# Recommendations for an Oyster Knife ??



## cotswoldcommis (Dec 1, 2016)

Hi All - searched the forums for "Oyster Knife" and could find anything ?? and apologise for yet another "Recommendation for XYZ" thread. Gonna have to Shuck a lot of Oysters as they are on the set menu for Valentines at the restaurant where I work, always one to make my life easier by getting the right tool for the job so am going to invest in an Oyster Knife - so Guy's any recommendations - have been looking at this http://www.steamer.co.uk/tools/fish-tools/wusthof-oyster-knife.html


----------



## millionsknives (Apr 25, 2014)

Depends on the species and size.  What are you shucking over there?  European flat oyster mostly?  You would want something sharp, thin, and long


----------



## chefwriter (Oct 31, 2012)

A Sani Safe oyster knife will do the job for much less money. Of equal importance is a chain mail glove if you can find one. Or be sure to wrap the oyster in a towel before applying pressure to the knife. The knife will slip and can cause a nasty jab into your other hand. 
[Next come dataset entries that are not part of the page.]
//! Making ready: all memory that following a step needs is taken before anything is written.

ghost use Rattle.std.specs.Prelude.{◌≡◌, ℕ, ◌<◌, ◌≤◌, ◌*◌, ◌/◌, ◌⊎◌, true, length, OnOk, IfOk};
ghost use Rattle.pm_search.specs.Marks.{NoneMarked};
ghost use Rattle.pm_reach.specs.Words.{in_row};
ghost use Rattle.pm_reach.specs.Rows.{has, below};
ghost use Rattle.pm_reach.specs.Table.{IsReady};
ghost use Rattle.pm_reach.specs.NewRows.{made_below};
ghost use Rattle.pm_reach.specs.Changes.{CanFollow};
ghost use Rattle.pm_reach.specs.Passes.{AreContainers, IsRising};
ghost use Rattle.pm_reach.specs.Inside.{IsInside};
ghost use Rattle.pm_reach.specs.Ready.{step_of, IsTaken, Holds};
ghost use Rattle.pm_reach.specs.Unions.{AreUnions, Cover};
ghost use Rattle.pm_reach.specs.declared.step.Step.{Step};

use crate::containers::Containers;
use crate::inside::{Inside, inside_of, rises};
use crate::step::Step;
use crate::table::{NewRow, RowTable};
use crate::unions::cover;
use crate::words::row_with;
use pm_model::{ElementId, Memory};
use std::alloc::Global;

/// A step that is ready to be followed, with the memory that was taken for it.
#[derive(Drop)]
pub(crate) enum Ready {
    Make {
        x: ElementId,
        into: Option<ElementId>,
        /// The row of x.
        row: NewRow,
    },
    Assign {
        /// All that is contained in the element that is assigned.
        inside: Inside,
        y: ElementId,
        /// What the row of y has.
        other: Vec<u64>,
    },
    Deassign {
        /// All that is contained in the element whose assignment is taken away.
        inside: Inside,
        y: ElementId,
        /// For a search from an element inside, where one may be needed.
        marks: Vec<bool>,
        queue: Vec<u32>,
        /// For the row of each of them in turn.
        row: Vec<u64>,
    },
    Remove {
        x: ElementId,
    },
}

/// Makes a step ready to be followed. What the step brings is put into the unions and the set of containers
/// at once: they may have more than the rows tell.
pub(crate) fn make_ready(
    table: &mut RowTable,
    unions: &mut RowTable,
    containers: &mut Containers,
    step: Step,
) -> Result<Ready, Memory>
    requires possible { CanFollow table.old.rows step }
    requires containers { AreContainers table.old.rows containers.old }
    requires unions { AreUnions unions.old.rows table.old.rows }
    ensures rows { table.new.rows ≡ table.old.rows }
    ensures unions { AreUnions unions.new.rows table.old.rows }
    ensures step { IfOk result (λ ready. step_of ready ≡ step) }
    ensures taken { IfOk result (λ ready. IsTaken table.new ready) }
    ensures covered { OnOk result (Cover unions.new.rows table.old.rows step) }
    ensures containers { AreContainers table.old.rows containers.new }
    ensures held { OnOk result (Holds containers.new step) }
{
    match step {
        Step::Make { x, into } => ready_make(table, unions, containers, x, into),
        Step::Assign { x, y } => ready_assign(table, unions, containers, x, y),
        Step::Deassign { x, y } => ready_deassign(table, unions, containers, x, y),
        Step::Remove { x } => ready_remove(table, x),
    }
}

/// The row of a new element: itself, and what the row of the container has.
fn row_of(table: &RowTable, x: u32, into: &Option<ElementId>) -> Result<Vec<u64>, Memory>
    ensures { IfOk result (λ words. (q : ℕ) → in_row words.items q ≡ made_below table.now.rows x into.now q) }
{
    match into {
        Some(y) => row_with(table.alloc(), x, table.words(y.number())),
        None => row_with(table.alloc(), x, &[]),
    }
}

#[tactic(auto, unfolding(crate::specs::Unions::AreUnions))]
fn ready_make(
    table: &mut RowTable,
    unions: &mut RowTable,
    containers: &mut Containers,
    x: ElementId,
    into: Option<ElementId>,
) -> Result<Ready, Memory>
    requires possible { CanFollow table.old.rows (Step.Make x into) }
    requires containers { AreContainers table.old.rows containers.old }
    requires unions { AreUnions unions.old.rows table.old.rows }
    ensures rows { table.new.rows ≡ table.old.rows }
    ensures unions { AreUnions unions.new.rows table.old.rows }
    ensures step { IfOk result (λ ready. step_of ready ≡ Step.Make x into) }
    ensures taken { IfOk result (λ ready. IsTaken table.new ready) }
    ensures covered { OnOk result (Cover unions.new.rows table.old.rows (Step.Make x into)) }
    ensures containers { AreContainers table.old.rows containers.new }
    ensures held { OnOk result (Holds containers.new (Step.Make x into)) }
{
    table.bounded();
    containers.put_given(into)?;
    let words = row_of(table, x.number(), &into)?;
    cover(unions, x.number(), words.as_slice())?;
    let row = table.ready_new(x.number(), words)?;
    Ok(Ready::Make { x, into, row })
}

fn ready_assign(
    table: &mut RowTable,
    unions: &mut RowTable,
    containers: &mut Containers,
    x: ElementId,
    y: ElementId,
) -> Result<Ready, Memory>
    requires possible { CanFollow table.old.rows (Step.Assign x y) }
    requires containers { AreContainers table.old.rows containers.old }
    requires unions { AreUnions unions.old.rows table.old.rows }
    ensures rows { table.new.rows ≡ table.old.rows }
    ensures unions { AreUnions unions.new.rows table.old.rows }
    ensures step { IfOk result (λ ready. step_of ready ≡ Step.Assign x y) }
    ensures taken { IfOk result (λ ready. IsTaken table.new ready) }
    ensures covered { OnOk result (Cover unions.new.rows table.old.rows (Step.Assign x y)) }
    ensures containers { AreContainers table.old.rows containers.new }
    ensures held { OnOk result (Holds containers.new (Step.Assign x y)) }
{
    table.bounded();
    containers.put(y.number())?;
    let other = Vec::from_slice(table.alloc(), table.words(y.number()))?;
    let inside = inside_of(table, unions, containers, x)?;
    ready_all(table, unions, &inside, other.as_slice())?;
    Ok(Ready::Assign { inside, y, other })
}

/// How many numbers a search from what is inside may meet: none where numbers rise there from containers
/// to what is in them, so that each row is put together from those of its containers.
fn searched(table: &RowTable, inside: &Inside) -> usize
    requires { IsInside table.now.rows inside.now }
    ensures { IsRising table.now.rows inside.now.of ⊎ ((y : ℕ) → has table.now.rows y ≡ true → y < result) }
{
    if rises(table, inside) { 0 } else { table.len() }
}

pub(crate) fn ready_deassign(
    table: &mut RowTable,
    unions: &mut RowTable,
    containers: &Containers,
    x: ElementId,
    y: ElementId,
) -> Result<Ready, Memory>
    requires containers { AreContainers table.old.rows containers.now }
    requires unions { AreUnions unions.old.rows table.old.rows }
    ensures rows { table.new.rows ≡ table.old.rows }
    ensures unions { AreUnions unions.new.rows table.old.rows }
    ensures step { IfOk result (λ ready. step_of ready ≡ Step.Deassign x y) }
    ensures taken { IfOk result (λ ready. IsTaken table.new ready) }
{
    let inside = inside_of(table, unions, containers, x)?;
    let searched = searched(table, &inside);
    let marks = no_marks(table.alloc(), searched)?;
    let queue = no_numbers(table.alloc(), searched)?;
    let row = no_words(table.alloc(), table.len())?;
    ready_all(table, unions, &inside, &[])?;
    Ok(Ready::Deassign {
        inside,
        y,
        marks,
        queue,
        row,
    })
}

fn ready_remove(table: &mut RowTable, x: ElementId) -> Result<Ready, Memory>
    requires { has table.old.rows x ≡ true }
    ensures rows { table.new.rows ≡ table.old.rows }
    ensures step { IfOk result (λ ready. step_of ready ≡ Step.Remove x) }
    ensures taken { IfOk result (λ ready. IsTaken table.new ready) }
{
    table.open(x.number())?;
    Ok(Ready::Remove { x })
}

/// Makes room for the other row in the row of each element that is inside, and puts it into the unions of
/// their pages.
#[tactic(auto, unfolding(crate::specs::Unions::AreUnions))]
fn ready_all(
    table: &mut RowTable,
    unions: &mut RowTable,
    inside: &Inside,
    other: &[u64],
) -> Result<(), Memory>
    requires inside { IsInside table.old.rows inside.now }
    requires unions { AreUnions unions.old.rows table.old.rows }
    ensures rows { table.new.rows ≡ table.old.rows }
    ensures unions { AreUnions unions.new.rows table.old.rows }
    ensures ready { OnOk result ((z : ℕ) → below table.old.rows z inside.now.of ≡ true → IsReady table.new z (length other.now)) }
    ensures covered { OnOk result ((z q : ℕ) → below table.old.rows z inside.now.of ≡ true → in_row other.now q ≡ true → below unions.new.rows (z / 64) q ≡ true) }
{
    let mut z = inside.next(inside.span.low);
    let mut covered = 0;
    while z < inside.span.high {
        table.ready(z, other.len())?;
        if covered <= z / 64 {
            cover(unions, z, other)?;
            covered = z / 64 + 1;
        }
        z = inside.next(z + 1);
    }
    Ok(())
}

fn no_marks(alloc: Global, size: usize) -> Result<Vec<bool>, Memory>
    ensures long { IfOk result (λ marks. length marks.items ≡ size) }
    ensures none { IfOk result (λ marks. NoneMarked marks.items) }
{
    Ok(vec![in alloc; false; size]?)
}

fn no_numbers(alloc: Global, size: usize) -> Result<Vec<u32>, Memory>
    ensures { IfOk result (λ numbers. length numbers.items ≡ size) }
{
    Ok(vec![in alloc; 0; size]?)
}

fn no_words(alloc: Global, size: usize) -> Result<Vec<u64>, Memory>
    ensures { IfOk result (λ words. size ≤ 64 * length words.items) }
{
    Ok(vec![in alloc; 0; size / 64 + 1]?)
}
As with knife skills, good technique before speed.


----------



## cotswoldcommis (Dec 1, 2016)

Hi Guy's - thanks for the replies, Native Pearl Oysters or Pacific Rocks are what I will be shucking. The Sani Safe looks like it will do the job for 1/2 the $$'s of the Wusthof, although not sure they have a distributor this side of "The Pond". Thanks for the warning about learning the technique properly before trying to go to fast !! Will make sure I wrap the Oysters in a towel at least if I can't find a glove.

Both myself and the wife like Oysters so I suppose it gives me an excuse to buy some so I can practice


----------



## peachcreek (Sep 21, 2001)

I paid $5.00 back in the day for a wooden handled carbon steel oyster knife. Long thin blade. I love it b/c the fineness of the blade makes for very good control and fewer ugly looking oysters. Having done a little research I found they are called a 'Boston Style'.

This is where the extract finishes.